* What to do:
Run through the records and show each line that includes the string "static".
====================
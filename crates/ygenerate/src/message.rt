//! What both programs write to standard error, and the exit status.

ghost use Rattle.std.specs.Prelude.{◌≡◌, ◌++◌, ◌==◌, ◌&&◌, is_some, codes};
ghost use Rattle.ylink.specs.Link.{device_of};
ghost use Rattle.ylink.specs.Sends.{Sends};
ghost use Rattle.ygrammar.specs.GrammarOf.{line_in};
ghost use Rattle.ygenerate.specs.Messages.{conflicts_line, grammar_code, message};
ghost use Rattle.ygenerate.specs.Messages.{message_line, name_of, usage_of};
ghost use Rattle.ygenerate.specs.Generating.{IsGenerating};
ghost use Rattle.ygenerate.specs.Programs.{SaysSome, of_source, status};

use crate::arguments::YaccWords;
use crate::generate::GenerateFault;
use crate::source::SourceFault;
use std::io::Write;
use ygrammar::GrammarFault;
use ylalr::BuildFault;
use ylink::pieces::Piece::{Number, Words};
use ylink::pieces::{END, put_pieces};
use ylink::put::put;
use ytables::{Counts, Link};

/// One of the programs.
#[derive(Clone, Copy, PartialEq, Eq)]
pub enum Program {
    /// The parser generator.
    Yacc,
    /// The stepper.
    Ystep,
}

impl Program {
    /// The name that its messages begin with.
    fn name(self) -> &'static [u8]
        ensures { result.now ≡ name_of self }
    {
        match self {
            Program::Yacc => b"yacc",
            Program::Ystep => b"ystep",
        }
    }

    /// The message where the words are refused.
    fn usage(self) -> &'static [u8]
        ensures { result.now ≡ usage_of self }
    {
        match self {
            Program::Yacc => b"usage: yacc [-v] [-b prefix] grammar\n",
            Program::Ystep => b"usage: ystep grammar tokens\n",
        }
    }

    /// Writes a message, with a place where it has one. `None` where the link failed.
    pub fn say<'a, E: Write>(
        self,
        link: &mut Link<E>,
        what: &'a [u8],
        at: &'a [u8],
        number: Option<usize>,
    ) -> Option<()>
        ensures { Sends E.contents link.old link.new (is_some result)
            (message_line self what.now at.now number) }
    {
        let name = Words(self.name());
        let (between, what) = (Words(b": "), Words(what));
        match number {
            Some(n) => put_pieces(link, &[name, between, what, Words(at), Number(n), END]),
            None => put_pieces(link, &[name, between, what, END]),
        }
    }
}

/// Writes the help text; where the link fails, nothing more is said.
pub fn put_help<W: Write>(writer: &mut Link<W>, text: &str)
    ensures { SaysSome W.contents (device_of writer.old) writer.new }
{
    let _ = put(writer, text.as_bytes());
    let _ = writer.flush();
}

/// Whether both counts are 0.
fn is_free(counts: Counts) -> bool
    ensures { result ≡ (counts.shift_reduce == 0 && counts.reduce_reduce == 0) }
{
    counts.shift_reduce == 0 && counts.reduce_reduce == 0
}

/// Writes the line on conflicts, where there are some. `None` where the link failed.
pub(crate) fn put_conflicts<E: Write>(link: &mut Link<E>, counts: Counts) -> Option<()>
    ensures { Sends E.contents link.old link.new (is_some result) (conflicts_line counts) }
{
    if is_free(counts) {
        return Some(());
    }
    let first = Number(counts.shift_reduce as usize);
    let second = Number(counts.reduce_reduce as usize);
    let between = Words(b" shift/reduce, ");
    let end = Words(b" reduce/reduce\n");
    put_pieces(link, &[Words(b"conflicts: "), first, between, second, end])
}

/// Why a program ends before its work is done.
#[derive(Clone, Copy)]
pub enum Trouble<'a> {
    /// The words are refused.
    Usage,
    /// The grammar file is refused.
    Grammar(GrammarFault),
    /// The grammar has too many item sets.
    TooManySets,
    /// Memory ran out.
    NoMemory,
    /// The file at this path can't be read.
    CannotRead(&'a str),
    /// The file of this prefix and ending can't be written.
    CannotWrite(&'a str, &'static str),
}

impl<'a> From<GrammarFault> for Trouble<'a> {
    ghost use Rattle.ygenerate.specs.Programs.{of_grammar};

    ghost from_gives = { λ fault trouble. trouble ≡ of_grammar fault };

    fn from(fault: GrammarFault) -> Trouble<'a> {
        match fault {
            GrammarFault::Memory => Trouble::NoMemory,
            _ => Trouble::Grammar(fault),
        }
    }
}

impl<'a> From<BuildFault> for Trouble<'a> {
    ghost use Rattle.ygenerate.specs.Programs.{of_tables};

    ghost from_gives = { λ fault trouble. trouble ≡ of_tables fault };

    fn from(fault: BuildFault) -> Trouble<'a> {
        match fault {
            BuildFault::TooManySets => Trouble::TooManySets,
            BuildFault::Memory => Trouble::NoMemory,
        }
    }
}

impl<'a> Trouble<'a> {
    /// Why the program ends, where there are no tables of the grammar file at this path.
    pub fn of_source(path: &'a str, fault: SourceFault) -> Trouble<'a>
        ensures { result ≡ of_source path.entry fault }
    {
        match fault {
            SourceFault::Unread => Trouble::CannotRead(path),
            SourceFault::NoRoom | SourceFault::Tables => Trouble::NoMemory,
            SourceFault::Grammar(fault) => Trouble::from(fault),
            SourceFault::Build(fault) => Trouble::from(fault),
        }
    }

    /// Why the program ends, where not all files of a grammar were written.
    pub(crate) fn of_generating(words: YaccWords<'a>, fault: GenerateFault) -> Trouble<'a>
        ensures { IsGenerating words.entry fault result }
    {
        match fault {
            GenerateFault::Source(fault) => Trouble::of_source(words.grammar(), fault),
            GenerateFault::NoRoom(_) => Trouble::NoMemory,
            GenerateFault::Unopened(text) | GenerateFault::Unwritten(text) => {
                Trouble::CannotWrite(words.prefix(), text.ending())
            }
        }
    }

    /// The exit status: 1 where the grammar file is refused, 2 where the words are, 3 where a file
    /// fails, memory runs out, or there are too many item sets.
    pub fn status(&self) -> u8
        ensures { result ≡ status self.now }
    {
        match self {
            Trouble::Grammar(_) => 1,
            Trouble::Usage => 2,
            Trouble::TooManySets => 3,
            Trouble::NoMemory => 3,
            Trouble::CannotRead(_) => 3,
            Trouble::CannotWrite(_, _) => 3,
        }
    }

    /// Writes the program's message, one line. `None` where the link failed.
    pub fn put<E: Write>(&self, link: &mut Link<E>, program: Program) -> Option<()>
        ensures { Sends E.contents link.old link.new (is_some result) (message program self.now) }
    {
        match self {
            Trouble::Usage => put(link, program.usage()),
            Trouble::Grammar(fault) => {
                let (code, line) = (grammar_code(*fault), grammar_line(*fault));
                program.say(link, code, b" at line ", line)
            }
            Trouble::TooManySets => program.say(link, b"B1", b"", None),
            Trouble::NoMemory => program.say(link, b"no memory", b"", None),
            Trouble::CannotRead(path) => {
                let (name, path) = (Words(program.name()), Words(path.as_bytes()));
                put_pieces(link, &[name, Words(b": cannot read "), path, END])
            }
            Trouble::CannotWrite(prefix, ending) => {
                let (name, prefix) = (Words(program.name()), Words(prefix.as_bytes()));
                let ending = Words(ending.as_bytes());
                put_pieces(
                    link,
                    &[name, Words(b": cannot write "), prefix, ending, END],
                )
            }
        }
    }
}

/// The code of a fault of a grammar file.
fn grammar_code(fault: GrammarFault) -> &'static [u8]
    ensures { result.now ≡ grammar_code fault }
{
    match fault {
        GrammarFault::TooLong => b"G1",
        GrammarFault::Unfinished { line: _ } => b"G2",
        GrammarFault::BadLiteral { line: _ } => b"G3",
        GrammarFault::Foreign { line: _ } => b"G4",
        GrammarFault::Syntax { line: _ } => b"G5",
        GrammarFault::TokenLeft { line: _ } => b"G6",
        GrammarFault::Undefined { line: _ } => b"G7",
        GrammarFault::TwicePrecedence { line: _ } => b"G8",
        GrammarFault::BadNumber { line: _ } => b"G9",
        GrammarFault::BadStart { line: _ } => b"G10",
        GrammarFault::Unproductive { line: _ } => b"G11",
        GrammarFault::BadPrec { line: _ } => b"G12",
        GrammarFault::Limit { line: _ } => b"G13",
        GrammarFault::Memory => b"no memory",
    }
}

/// The line of a fault of a grammar file, where it has one.
fn grammar_line(fault: GrammarFault) -> Option<usize>
    ensures { result ≡ line_in fault }
{
    match fault {
        GrammarFault::TooLong | GrammarFault::Memory => None,
        GrammarFault::Unfinished { line }
        | GrammarFault::BadLiteral { line }
        | GrammarFault::Foreign { line }
        | GrammarFault::Syntax { line }
        | GrammarFault::TokenLeft { line }
        | GrammarFault::Undefined { line }
        | GrammarFault::TwicePrecedence { line }
        | GrammarFault::BadNumber { line }
        | GrammarFault::BadStart { line }
        | GrammarFault::Unproductive { line }
        | GrammarFault::BadPrec { line }
        | GrammarFault::Limit { line } => Some(line),
    }
}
====================
* Output of the task:
    fn name(self) -> &'static [u8]
    fn usage(self) -> &'static [u8]
    CannotWrite(&'a str, &'static str),
fn grammar_code(fault: GrammarFault) -> &'static [u8]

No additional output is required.